MINNEAPOLIS — Miguel Sano might be the first of the Twins’ current crop of prospects to debut in the majors, but he hopes to take another with him.

"Alex Meyer, my brother," Sano said, referencing Minnesota’s top pitching prospect. "I told him, he said, ‘When you go to the big leagues, I’ve got to go too, man.’"

Many of the same fans that have been clamoring to see Sano and fellow uber-prospect Byron Buxton in the majors have expressed similar excitement for Meyer. No matter which list you look at, Meyer is Minnesota’s top-ranked pitching prospect. Keith Law of ESPN.com ranked Meyer as the No. 62 overall prospect in his recent rankings. MLB.com’s Jonathan Mayo has Meyer much higher — No. 28 among baseball prospects. Baseball America has Meyer as the Twins’ third overall prospect and their top minor league pitcher.
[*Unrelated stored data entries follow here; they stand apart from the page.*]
//! Walks over ordered trees, call by call beside an ordered map of std, and the calls of some worked cases.
ghost use Rattle.std.specs.Prelude.{◌≤◌};

mod asking;
mod calls;
mod map;
mod once;
mod text;
mod walk;

use asking::answers_of;
use calls::{full_tree, least_and_greatest, one_leaf, split_and_repack};
use std::io;
use sto_model::Call;
use sto_tree::TTree;
use text::{replies_in, sizes_in};
use walk::{Tally, walk};

// How many calls a walk asks.
const CALLS: u32 = 10_000;

// Asks calls of an empty tree, each in a transaction of its own, and prints the replies, and what each noted and updated.
fn play(rt: &HostRuntime, name: &str, leaves: u32, calls: &[Call]) -> io::Result<()>
    requires some { 1 ≤ leaves }
    requires few { leaves ≤ 64 }
{
    let answers = answers_of(rt.alloc(), &TTree::new(leaves), calls)?;
    let replies = replies_in(rt.alloc(), answers.as_slice())?;
    let sizes = sizes_in(rt.alloc(), answers.as_slice())?;
    println!(rt; "{name}:{replies}\n{name}, items noted and parts updated:{sizes}")
}

// Walks over a tree, and prints what its calls were answered.
fn wander(rt: &HostRuntime, leaves: u32, span: u32) -> io::Result<()>
    requires some { 1 ≤ leaves }
    requires few { leaves ≤ 64 }
    requires span { 1 ≤ span }
    requires narrow { span ≤ 1000 }
{
    let Tally {
        wrong,
        full,
        absent,
        pairs,
    } = walk(rt.alloc(), leaves, span, CALLS)?;
    println!(rt;
        "{leaves} leaves: {CALLS} calls, {wrong} wrong, {full} full, {absent} none, {pairs} pairs"
    )
}

/// Plays the worked cases, and walks over trees of 1, 3 and 64 leaves.
pub(crate) fn walk_all(rt: &HostRuntime) -> io::Result<()> {
    play(rt, "full tree", 2, full_tree(rt.alloc())?.as_slice())?;
    play(
        rt,
        "split and repack",
        3,
        split_and_repack(rt.alloc())?.as_slice(),
    )?;
    play(rt, "one leaf", 1, one_leaf(rt.alloc())?.as_slice())?;
    play(
        rt,
        "least and greatest",
        3,
        least_and_greatest(rt.alloc())?.as_slice(),
    )?;
    wander(rt, 1, 8)?;
    wander(rt, 3, 24)?;
    wander(rt, 64, 500)
}
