//! Layers below the programs, each beside what it is to do: records that are merged, trees, two threads that count in one word, and a
//! worker that sleeps until a job comes.
#![tactic(auto)]

mod counting;
mod merging;
mod trees;
mod waking;

use std::io;

fn main(rt: HostRuntime) -> io::Result<()> {
    merging::merge_all(&rt)?;
    trees::walk_all(&rt)?;
    counting::count(&rt, &rt)?;
    waking::wake_all(&rt, rt)
}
For a team that has struggled as badly on the mound as the Twins have in recent years, Meyer’s skill set is almost equally as desirable as what Buxton and Sano bring to the table. Yet while Sano has aspirations of making his major league debut in 2014 — even stating he wants to be on the Opening Day roster — Meyer insists he’s heading into spring with no set expectations. He just wants to make general manager Terry Ryan’s decision a difficult one.
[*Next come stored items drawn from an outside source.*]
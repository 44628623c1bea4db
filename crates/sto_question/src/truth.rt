//! Of which states a question is true.
ghost use Rattle.std.specs.Prelude.{◌≡◌, map, IfOk};
ghost use Rattle.sto_part.specs.Preds.{compares};
ghost use Rattle.sto_model.specs.Rows.{value_at};
ghost use Rattle.sto_report_spec.specs.Report.{rows_of};
ghost use Rattle.sto_question.specs.Questions.{amount_in, signed_sum, sum_from, sum_in, sums_compare, is_true_comparison, is_true_of};
ghost use Rattle.sto_question.specs.Views.{comparison as comparison_of, question as question_of};

use crate::question::{Amount, Comparison, Question, Sign, Term};
use sto_model::State;
use sto_part::{NoMemory, Test};

// The value at a key of rows.
fn value_at(rows: &[(i64, i64)], key: i64) -> Option<i64>
    ensures { result ≡ value_at rows.now key }
{
    rows.iter().find(|row| row.0 == key).map(|row| row.1)
}

// What an object holds at a key.
fn value_in(state: &State, object: u32, key: i64) -> Option<i64>
    ensures { result ≡ value_at (rows_of state.now.items object) key }
{
    if state.len() <= object {
        return None;
    }
    value_at(state.get(object).as_slice(), key)
}

// What an amount is in a state.
fn amount_in(state: &State, amount: Amount) -> Option<i64>
    ensures { result ≡ amount_in state.now.items amount }
{
    match amount {
        Amount::Number(value) => Some(value),
        Amount::Value { object, key } => value_in(state, object, key),
    }
}

// A sum with one more value. `NoMemory` comes where it is none of 128 bits, for which a sum must have more than 2^64 terms.
fn signed_sum(sign: Sign, sum: i128, value: i64) -> Result<i128, NoMemory>
    ensures { IfOk result (λ more. more ≡ signed_sum sign sum value) }
{
    let more = match sign {
        Sign::Plus => sum.checked_add(i128::from(value)),
        Sign::Minus => sum.checked_sub(i128::from(value)),
    };
    match more {
        Some(more) => Ok(more),
        None => Err(NoMemory),
    }
}

// The sum of terms, where each has an amount.
fn sum_in(state: &State, terms: &[Term]) -> Result<Option<i128>, NoMemory>
    ensures { IfOk result (λ sum. sum ≡ sum_in state.now.items terms.now) }
{
    let mut sum: i128 = 0;
    for term in terms {
        let Some(value) = amount_in(state, term.amount) else {
            return Ok(None);
        };
        sum = signed_sum(term.sign, sum, value)?;
    }
    Ok(Some(sum))
}

// Whether a sum compares with another by a test.
fn compare(test: Test, one: i128, other: i128) -> bool
    ensures { result ≡ compares test one other }
{
    match test {
        Test::Eq => one == other,
        Test::Ne => one != other,
        Test::Lt => one < other,
        Test::Le => one <= other,
        Test::Gt => one > other,
        Test::Ge => one >= other,
    }
}

// Whether two sums are there and compare.
fn sums_compare(test: Test, left: Option<i128>, right: Option<i128>) -> bool
    ensures { result ≡ sums_compare test left right }
{
    match (left, right) {
        (Some(left), Some(right)) => compare(test, left, right),
        _ => false,
    }
}

// Whether a comparison is true of a state.
fn is_true_comparison(state: &State, comparison: &Comparison) -> Result<bool, NoMemory>
    ensures { IfOk result (λ is_true. is_true ≡ is_true_comparison state.now.items (comparison_of comparison.now)) }
{
    let left = sum_in(state, comparison.left.as_slice())?;
    let right = sum_in(state, comparison.right.as_slice())?;
    Ok(sums_compare(comparison.test, left, right))
}

// Whether all comparisons are.
fn are_true(state: &State, comparisons: &[Comparison]) -> Result<bool, NoMemory>
    ensures { IfOk result (λ are_true. are_true ≡ is_true_of (map comparison_of comparisons.now) state.now.items) }
{
    for comparison in comparisons {
        if !is_true_comparison(state, comparison)? {
            return Ok(false);
        }
    }
    Ok(true)
}

impl Question {
    /// Whether the question is true of a state: whether all of its comparisons are. One with an object that has no such key is false.
    ///
    /// `NoMemory` comes where a sum is no number of 128 bits, for which it must have more than 2^64 terms.
    pub fn is_true_of(&self, state: &State) -> Result<bool, NoMemory>
        ensures { IfOk result (λ is_true. is_true ≡ is_true_of (question_of self.now) state.now.items) }
    {
        are_true(state, self.comparisons.as_slice())
    }
}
"I told him, ‘I’m going to try and do everything I can to make it tough for you,’ and he said, ‘Do it,’" Meyer said. "That’s what he wants. We’ll see where that takes us. I’m excited to get going."

Meyer, acquired from Washington last winter in exchange for outfielder Denard Span, will be participating in his first major league camp in just his second season in the Twins’ organization. His 2013 season was a bit of a roller coaster ride. While he went 4-3 with a 3.21 ERA in 13 starts at Double-A New Britain, he also battled a shoulder injury that sidelined him for the better part of the second half of the year.
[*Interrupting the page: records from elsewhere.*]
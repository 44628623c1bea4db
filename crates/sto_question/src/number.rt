//! Numbers in words.
ghost use Rattle.std.specs.Prelude.{◌≡◌};
ghost use Rattle.sto_syntax.specs.Forms.{begins_number};
ghost use Rattle.sto_syntax.specs.Words.{number_of};

use itoa::Buffer;
use std::str;

/// Whether a word begins as a number does.
pub(crate) fn begins_number(word: &[u8]) -> bool
    ensures { result ≡ begins_number word.now }
{
    match word {
        [] => false,
        [first, ..] => *first == b'-' || (b'0' <= *first && *first <= b'9'),
    }
}

/// The number of 64 bits that a word is.
pub(crate) fn number(word: &[u8]) -> Option<i64>
    ensures { result ≡ number_of word.now }
{
    let Ok(text) = str::from_utf8(word) else {
        return None;
    };
    let Ok(value) = text.parse::<i64>() else {
        return None;
    };
    let mut buffer = Buffer::new();
    if buffer.format(value).as_bytes() == word {
        Some(value)
    } else {
        None
    }
}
Yet Meyer bounced back and proved he was healthy by pitching in the Arizona Fall League, facing some of the top talent in the minors. In seven starts for the Glendale Desert Dogs, Meyer was 2-1 with a 3.12 ERA as batters hit just .212 against him.

"I just realized that game in, game out, those lineups, every guy you’ve heard of before. It was tough," Meyer said. "It was a learning experience for me because I was trying to learn how to pitch a lot more than just go out and throw it by guys. It was good. I was really thankful that I had the opportunity to go out there."

Now that he’s healthy again, Meyer believes he can make a statement this spring as he battles for the fifth and final spot in Minnesota’s starting rotation. Whether or not he breaks camp with the Twins remains to be seen, but his goal of reaching the major leagues continues to inch closer.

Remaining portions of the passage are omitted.